## EXERCISE REQUIREMENTS
Give back the full data, retyped precisely.

(SOURCE MATERIAL begins)

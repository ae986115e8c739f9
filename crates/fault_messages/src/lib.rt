//! Statuses in words, for people: what is wrong, and where, with the names that the command line
//! and the script have for it. A message is one sentence; that of a command line also has the words
//! of all commands. Where all was done there are notes: links that were not made, sinks without a
//! format, what a check or a filter found.
#![tactic(auto)]

mod byte_faults;
mod cause_words;
mod clashes;
mod clipped_sinks;
mod cycle_room;
mod empty_sinks;
mod event_words;
mod explaining;
mod file_messages;
mod form_messages;
mod help;
mod inactive_nodes;
mod key_names;
mod lines;
mod link_ends;
mod link_notes;
mod lone_inputs;
mod main_words;
mod makers;
mod map_hints;
mod name_rules;
mod nearest;
mod node_names;
mod note_heads;
mod notes;
mod places;
mod pod_messages;
mod port_ends;
mod putting;
mod reason_notes;
mod refused_sides;
mod script_lines;
mod script_messages;
mod sentences;
mod sink_files;
mod sink_notes;
mod sink_waves;
mod unknown_names;
mod unused_nodes;
mod usages;
mod word_rules;

pub use explaining::explain;
pub use sentences::{message, words_message};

(SOURCE MATERIAL ends)

## EXERCISE SOLUTION
repository ae986115e8c739f9
filename crates/fault_messages/src/lib.rt
//! Statuses in words, for people: what is wrong, and where, with the names that the command line
//! and the script have for it. A message is one sentence; that of a command line also has the words
//! of all commands. Where all was done there are notes: links that were not made, sinks without a
//! format, what a check or a filter found.
#![tactic(auto)]

mod byte_faults;
mod cause_words;
mod clashes;
mod clipped_sinks;
mod cycle_room;
mod empty_sinks;
mod event_words;
mod explaining;
mod file_messages;
mod form_messages;
mod help;
mod inactive_nodes;
mod key_names;
mod lines;
mod link_ends;
mod link_notes;
mod lone_inputs;
mod main_words;
mod makers;
mod map_hints;
mod name_rules;
mod nearest;
mod node_names;
mod note_heads;
mod notes;
mod places;
mod pod_messages;
mod port_ends;
mod putting;
mod reason_notes;
mod refused_sides;
mod script_lines;
mod script_messages;
mod sentences;
mod sink_files;
mod sink_notes;
mod sink_waves;
mod unknown_names;
mod unused_nodes;
mod usages;
mod word_rules;

pub use explaining::explain;
pub use sentences::{message, words_message};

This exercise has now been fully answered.